Josef ging nach der Entlassung wieder nach Leipzig, lernte dort seine spätere Frau kennen, die in Untermiete bei seinen Eltern wohnte, und machte sich als Dolmetscher und Übersetzer selbständig. Mit Kollegen zusammen gründete er einen erfolgreichen Übersetzerbetrieb. Einige seiner Kollegen waren, wie er, inoffizielle Mitarbeiter des KGB. Dies legt nahe, dass der Betrieb vom KGB unterstützt wurde. Somit war es möglich Großaufträge zu akquirieren, die normalerweise nur an staatliche Betriebe vergeben wurden. Dieser Betrieb war aber zu erfolgreich und machte dem staatlichen Übersetzerbetrieb Konkurrenz. Deshalb wurde Josef am 24. Dezember 1959 von der Stasi verhaftet, ohne Verfahren mehrere Monate eingesperrt und der Betrieb wurde verstaatlicht.
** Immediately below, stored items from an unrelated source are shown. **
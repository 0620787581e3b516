//! Numbers.
ghost use Rattle.std.specs.Prelude.{◌≡◌, ℕ, ◌+◌, ◌*◌, ◌<◌, length};
ghost use Rattle.dmf_text.specs.Number.{number_of, within};

use thiserror::Error;

/// Why a field spells no number.
#[derive(Clone, Copy, Debug, PartialEq, Eq, Error)]
pub enum NumberFault {
    /// The field is empty, or has a byte that is no ASCII digit.
    #[error("not a number")]
    NotANumber,
    /// The number exceeds 18446744073709551615.
    #[error("number too large")]
    TooLarge,
}

// A number up to this one stays below 2^64 with any one digit appended.
const MAX_FRONT: u64 = (u64::MAX - 9) / 10;

/// The number that a field spells in decimal digits, however many there are. Takes no memory.
pub fn number(field: &[u8]) -> Result<u64, NumberFault>
    ensures { result ≡ number_of field.now }
{
    if field.is_empty() {
        return Err(NumberFault::NotANumber);
    }
    let mut value = 0u64;
    for byte in field {
        let byte = *byte;
        if !byte.is_ascii_digit() {
            return Err(NumberFault::NotANumber);
        }
        if value > MAX_FRONT {
            return long_number(field);
        }
        value = value * 10 + u64::from(byte - b'0');
    }
    Ok(value)
}

// The number that a field spells that is not empty. Tests at each digit that the number still fits.
#[cold]
fn long_number(field: &[u8]) -> Result<u64, NumberFault>
    requires { 0 < length field.now }
    ensures { result ≡ number_of field.now }
{
    let mut value = Some(0u64);
    for byte in field {
        let byte = *byte;
        if !byte.is_ascii_digit() {
            return Err(NumberFault::NotANumber);
        }
        value = with_digit(value, byte - b'0');
    }
    value.ok_or(NumberFault::TooLarge)
}

// The number with one more digit, if it fits 64 bits.
fn with_digit(value: Option<u64>, digit: u8) -> Option<u64>
    ensures { (n : ℕ) → value ≡ within n → result ≡ within (n * 10 + digit) }
{
    value?.checked_mul(10)?.checked_add(u64::from(digit))
}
Hier endete auch die Zusammenarbeit mit dem KGB.
Euer (Ur) Großvater arbeitete also trotz alle Erschwernisse weiter in seinem Beruf, engagierte sich gesellschaftlich im Berufsverband der Dolmetscher und Übersetzer und lehrte Russisch an der Volkshochschule. Trotz aller Bemühungen war das Geld manchmal knapp, Aufträge blieben aus, aber er meisterte dies mit seiner Frau gemeinsam.
Gegen 1987/88 nahm das Ministerium für Staatssicherheit, eben die Leute die ihn bis dahin verfolgt hatten, Kontakt zu ihm auf. Grund waren seine guten Kontakte zu sowjetischen Bürgern und seine gesellschaftliche Arbeit. Natürlich war der Hauptgrund die Perestroika in der Sowjetunion unter Gorbatschow. Er nutzte diese Kontakte um Kollegen zu helfen, ansonsten begrüßte er die Entwicklung in der Sowjetunion aus vollem Herzen.
Die Wende in der DDR begrüßte er ebenfalls, aber nicht die Vereinigung mit der Bundesrepublik.
1991 verschlechterte sich sein Gesundheitszustand, Parkinson wurde diagnostiziert und 1994 starb Josef im Alter von 71 Jahren.
Diese Geschichte klingt nun schon anders. War Josef in der ersten Geschichte noch sozusagen „unschuldig“ in den Zeitverlauf verstrickt, so ist die zweite Version schon anders. Besonders durch die Zusammenarbeit mit dem KGB.
Hier hörte natürlich auch langsam die Familiengeschichte für Kinder und Enkel auf, die man an einem Winterabend erzählt. Dafür beginnt die Geschichte von Josef A. Köhler.